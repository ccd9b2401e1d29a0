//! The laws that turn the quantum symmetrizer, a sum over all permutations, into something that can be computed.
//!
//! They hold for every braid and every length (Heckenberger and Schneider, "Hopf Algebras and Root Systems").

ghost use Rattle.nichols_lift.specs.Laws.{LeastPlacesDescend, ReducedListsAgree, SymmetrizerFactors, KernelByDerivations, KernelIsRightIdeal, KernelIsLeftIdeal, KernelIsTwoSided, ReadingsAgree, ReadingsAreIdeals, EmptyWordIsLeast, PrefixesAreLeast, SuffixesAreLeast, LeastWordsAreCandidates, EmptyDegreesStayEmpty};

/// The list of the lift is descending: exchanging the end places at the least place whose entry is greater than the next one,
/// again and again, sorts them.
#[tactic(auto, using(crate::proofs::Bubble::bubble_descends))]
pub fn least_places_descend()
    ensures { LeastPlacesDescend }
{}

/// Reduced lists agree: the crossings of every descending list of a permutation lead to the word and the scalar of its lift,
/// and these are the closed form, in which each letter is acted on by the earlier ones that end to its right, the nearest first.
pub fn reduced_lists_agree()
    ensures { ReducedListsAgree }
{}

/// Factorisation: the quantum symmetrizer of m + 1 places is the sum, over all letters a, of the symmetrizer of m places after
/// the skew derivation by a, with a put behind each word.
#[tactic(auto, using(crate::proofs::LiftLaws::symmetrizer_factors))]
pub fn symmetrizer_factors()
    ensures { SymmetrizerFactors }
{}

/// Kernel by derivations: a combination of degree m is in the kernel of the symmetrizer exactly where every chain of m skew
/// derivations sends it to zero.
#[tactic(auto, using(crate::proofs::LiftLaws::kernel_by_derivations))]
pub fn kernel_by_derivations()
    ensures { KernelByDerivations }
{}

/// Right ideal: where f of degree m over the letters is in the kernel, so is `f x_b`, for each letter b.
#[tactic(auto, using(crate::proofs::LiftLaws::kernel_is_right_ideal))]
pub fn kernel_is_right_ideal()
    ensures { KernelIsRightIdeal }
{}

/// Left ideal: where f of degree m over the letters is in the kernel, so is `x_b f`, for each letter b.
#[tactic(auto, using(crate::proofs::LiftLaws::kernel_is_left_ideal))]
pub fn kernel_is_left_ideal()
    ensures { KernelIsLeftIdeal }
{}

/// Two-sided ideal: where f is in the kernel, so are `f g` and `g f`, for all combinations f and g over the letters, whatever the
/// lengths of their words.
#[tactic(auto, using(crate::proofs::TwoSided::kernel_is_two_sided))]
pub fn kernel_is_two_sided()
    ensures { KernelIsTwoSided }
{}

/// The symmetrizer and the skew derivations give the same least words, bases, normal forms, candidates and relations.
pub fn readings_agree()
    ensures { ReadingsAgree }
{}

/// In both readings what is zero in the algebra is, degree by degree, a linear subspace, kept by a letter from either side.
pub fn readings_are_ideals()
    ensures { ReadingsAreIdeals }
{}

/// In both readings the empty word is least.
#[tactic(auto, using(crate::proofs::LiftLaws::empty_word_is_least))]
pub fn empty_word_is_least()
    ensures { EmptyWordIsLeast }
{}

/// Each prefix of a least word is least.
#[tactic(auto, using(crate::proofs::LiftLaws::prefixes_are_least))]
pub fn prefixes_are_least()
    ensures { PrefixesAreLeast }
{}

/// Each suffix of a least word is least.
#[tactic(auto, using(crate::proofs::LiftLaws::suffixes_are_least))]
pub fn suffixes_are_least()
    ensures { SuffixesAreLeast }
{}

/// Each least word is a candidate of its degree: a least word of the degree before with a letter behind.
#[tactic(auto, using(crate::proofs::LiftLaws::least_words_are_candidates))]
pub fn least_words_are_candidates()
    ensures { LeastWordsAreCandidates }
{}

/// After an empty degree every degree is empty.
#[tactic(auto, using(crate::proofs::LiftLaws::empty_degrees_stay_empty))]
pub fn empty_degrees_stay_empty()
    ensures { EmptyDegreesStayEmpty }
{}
####
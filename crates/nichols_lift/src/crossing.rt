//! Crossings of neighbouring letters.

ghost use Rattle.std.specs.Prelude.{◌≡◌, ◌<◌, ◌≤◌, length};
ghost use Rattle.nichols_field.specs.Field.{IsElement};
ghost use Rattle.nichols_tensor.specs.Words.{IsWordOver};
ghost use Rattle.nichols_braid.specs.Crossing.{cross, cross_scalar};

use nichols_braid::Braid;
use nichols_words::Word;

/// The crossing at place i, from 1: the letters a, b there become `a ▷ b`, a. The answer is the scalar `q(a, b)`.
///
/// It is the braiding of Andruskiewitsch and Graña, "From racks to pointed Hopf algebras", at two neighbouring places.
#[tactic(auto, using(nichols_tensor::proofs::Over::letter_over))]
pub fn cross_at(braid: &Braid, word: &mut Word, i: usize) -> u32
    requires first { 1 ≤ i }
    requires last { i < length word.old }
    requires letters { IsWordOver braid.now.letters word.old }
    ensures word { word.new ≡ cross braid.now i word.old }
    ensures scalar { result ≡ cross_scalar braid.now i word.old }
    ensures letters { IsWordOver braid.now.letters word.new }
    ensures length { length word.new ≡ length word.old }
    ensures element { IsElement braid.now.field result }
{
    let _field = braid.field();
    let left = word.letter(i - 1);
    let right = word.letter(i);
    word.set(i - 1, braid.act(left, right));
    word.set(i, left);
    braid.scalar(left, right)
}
####
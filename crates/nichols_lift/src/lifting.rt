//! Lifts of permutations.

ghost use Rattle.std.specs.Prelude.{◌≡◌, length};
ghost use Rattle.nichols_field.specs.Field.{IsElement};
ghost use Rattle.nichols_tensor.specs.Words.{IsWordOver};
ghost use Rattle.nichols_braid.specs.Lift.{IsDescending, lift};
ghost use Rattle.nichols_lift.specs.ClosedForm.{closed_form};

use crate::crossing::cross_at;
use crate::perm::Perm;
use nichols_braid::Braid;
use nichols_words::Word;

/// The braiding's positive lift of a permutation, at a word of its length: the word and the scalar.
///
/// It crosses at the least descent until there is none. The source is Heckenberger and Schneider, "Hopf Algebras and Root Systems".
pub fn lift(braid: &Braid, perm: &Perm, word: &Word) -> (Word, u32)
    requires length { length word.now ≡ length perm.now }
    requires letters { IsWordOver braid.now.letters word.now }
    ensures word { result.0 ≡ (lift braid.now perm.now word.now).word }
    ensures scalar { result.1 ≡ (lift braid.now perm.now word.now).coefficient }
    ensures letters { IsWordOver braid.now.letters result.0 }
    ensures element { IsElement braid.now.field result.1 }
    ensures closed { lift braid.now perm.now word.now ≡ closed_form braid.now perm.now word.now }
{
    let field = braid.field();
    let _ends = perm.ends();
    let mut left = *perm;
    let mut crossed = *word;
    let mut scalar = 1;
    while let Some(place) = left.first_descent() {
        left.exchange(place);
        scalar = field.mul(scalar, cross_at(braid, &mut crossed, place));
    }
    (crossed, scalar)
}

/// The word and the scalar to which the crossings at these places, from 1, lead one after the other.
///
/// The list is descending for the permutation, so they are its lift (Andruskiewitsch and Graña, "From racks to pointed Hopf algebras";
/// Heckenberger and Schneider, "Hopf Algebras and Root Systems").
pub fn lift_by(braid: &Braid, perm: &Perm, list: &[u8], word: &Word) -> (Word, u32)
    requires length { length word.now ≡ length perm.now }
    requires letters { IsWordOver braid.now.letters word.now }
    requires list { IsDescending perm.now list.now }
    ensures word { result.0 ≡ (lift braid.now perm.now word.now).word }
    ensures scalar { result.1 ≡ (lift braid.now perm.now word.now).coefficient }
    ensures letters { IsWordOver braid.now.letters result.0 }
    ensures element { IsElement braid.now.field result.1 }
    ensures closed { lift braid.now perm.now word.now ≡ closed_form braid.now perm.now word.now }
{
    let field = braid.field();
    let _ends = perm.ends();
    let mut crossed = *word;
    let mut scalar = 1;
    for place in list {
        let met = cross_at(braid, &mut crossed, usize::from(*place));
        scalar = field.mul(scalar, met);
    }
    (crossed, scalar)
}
####
## [Exercise details]
Report the number of lines above that hold "with", and leave out everything else.

## [Problem solution]
2